ICU Demos

ICU Data Library Customizer Help


The Data Library Customizer tool provides a way to customize ICU's data library. There are two common scenarios to use this tool. You can remove data, and you can add data that is not in ICU by default. Once you have customized the data library, you may have to rebuild ICU, but under certain configurations, you will be able to use the generated data library directly. These instructions will help you to use this tool.

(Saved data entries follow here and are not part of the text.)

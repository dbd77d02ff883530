//! What the tests of several modules make.
ghost use Rattle.std.specs.Prelude.{◌≡◌, ◌≤◌, [], vec_capacity};

use boot_data::BootPlan;
use boot_script::{ScriptRefusal, parse_boot};
use std::alloc::Global;
use std::panic::Expect;
use std::process::Abort;

/// An empty list with room for so many.
pub(crate) fn room_for<T, R: Abort>(rt: &R, alloc: Global, len: usize) -> Vec<T>
    ensures { (result.items ≡ []) × (len ≤ vec_capacity result) }
{
    Vec::with_capacity(alloc, len).expect(rt, "memory")
}

/// The plan of a script, or None if an allocation is refused.
pub(crate) fn plan_if_given<R: Abort>(rt: &R, alloc: Global, script: &[u8]) -> Option<BootPlan> {
    match parse_boot(alloc, script) {
        Ok(plan) => Some(plan),
        Err(fault) => {
            assert!(rt; fault.refusal == ScriptRefusal::OutOfMemory);
            None
        }
    }
}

The data that comes from this tool will only work with a specific version of ICU. The data is compatible with the version of ICU with the same major and minor mentioned on the main Data Library Customizer page. This data will not work with any other version of ICU. When a new version of ICU is released, older versions of the data may not be available any more.

Customization Overview

If you are using ICU in a memory constrained environment, you can use this tool to remove some data. For most people, only the groups need to be selected for removal. This is the easiest way to remove large chunks of data you may not be using. For example, if you only need Unicode based collation, you can deselect all the groups except the collation group. This will bring the data library down to a fraction of the original size.

ICU comes with a large set of data that meets the needs for the vast majority of ICU users. Under some circumstances, additional data is needed. For example, this tool provides some additional charset conversion tables that are not available under the default distribution of ICU. When you expand the "Charset Mapping Tables" group, you will see a set of mapping tables that are available for addition or removal. All items checked will be included in your customized data library. You can sort the description column, and related data items will usually sort together.

Before adding more charset mapping tables to ICU, you should consider using Unicode with your application instead. Many of these mapping tables are only needed for interacting with legacy systems that have not been upgraded to use Unicode yet. These mapping tables are not needed to support additional languages or countries. If there is a mapping table for the charset you need, then Unicode will support all the characters you need.

Advanced Customization

Sometimes fine grained customization is needed to add or remove a large number of specific data items. Instead of selecting many data items by hand, you can use the "Advanced Options" at the bottom of the page. You can expand all the groups or contract all the groups. You can also filter all the data items in the data library.

When you perform a filter operation with a regular expression, only those items will be visible under each group. Expanding all the groups will show you everything that has been filtered. The "Select All" and "Deselect All" buttons can be used to use to select or deselect the filtered items. When the filtering field is left blank, and the "Filter Items" button is pressed, all selectable items become visible for selection again.

For example, if you enter the expression mt.*res and click "Filter Items", the customizer will SHOW only the Maltese related items. If you click "Deselect All" next to the expression, it will deselect only those items, and clicking "Select All" will select those items, all without altering any items not matching the expression.

ICU4C Data Package

After the data library package has been downloaded there are two common ways to use the new package.

  1. Rebuild ICU: Under this scenario, you unzip the data package into icu/source/data/in to replace the existing data package that comes with a standard source code distribution. Then you use "gmake clean install". This will clean up your previous build of ICU, and it will install the packages as specified by the configure options that you originally used to build ICU.
  2. Install directly on end user's systems: Under this scenario, you have already built ICU with the --with-data-packaging=archive configure option. In order to update the data, your application will need to stop using ICU, unzip the data package to where you installed ICU's data archive, and restart your application.

There are other ways to configure ICU's data, and many of those options are described in the Data Management chapter of the ICU User's Guide. For example, the icupkg tool that comes with ICU4C can help with managing the data on an end user's system, but your options may be limited if ICU is only set up to use its data from a shared or static library.

ICU4J Data Package

As of ICU4J 3.8, there is only one normal way to modify ICU4J's data. Place the icudata.jar into src/com/ibm/icu/impl/data in your copy of ICU4J's source code and rebuild ICU4J.

There are other ways to modify an existing ICU4J's data in a jar file, but it's not trivial to perform this update. It's usually easier to just rebuild ICU4J.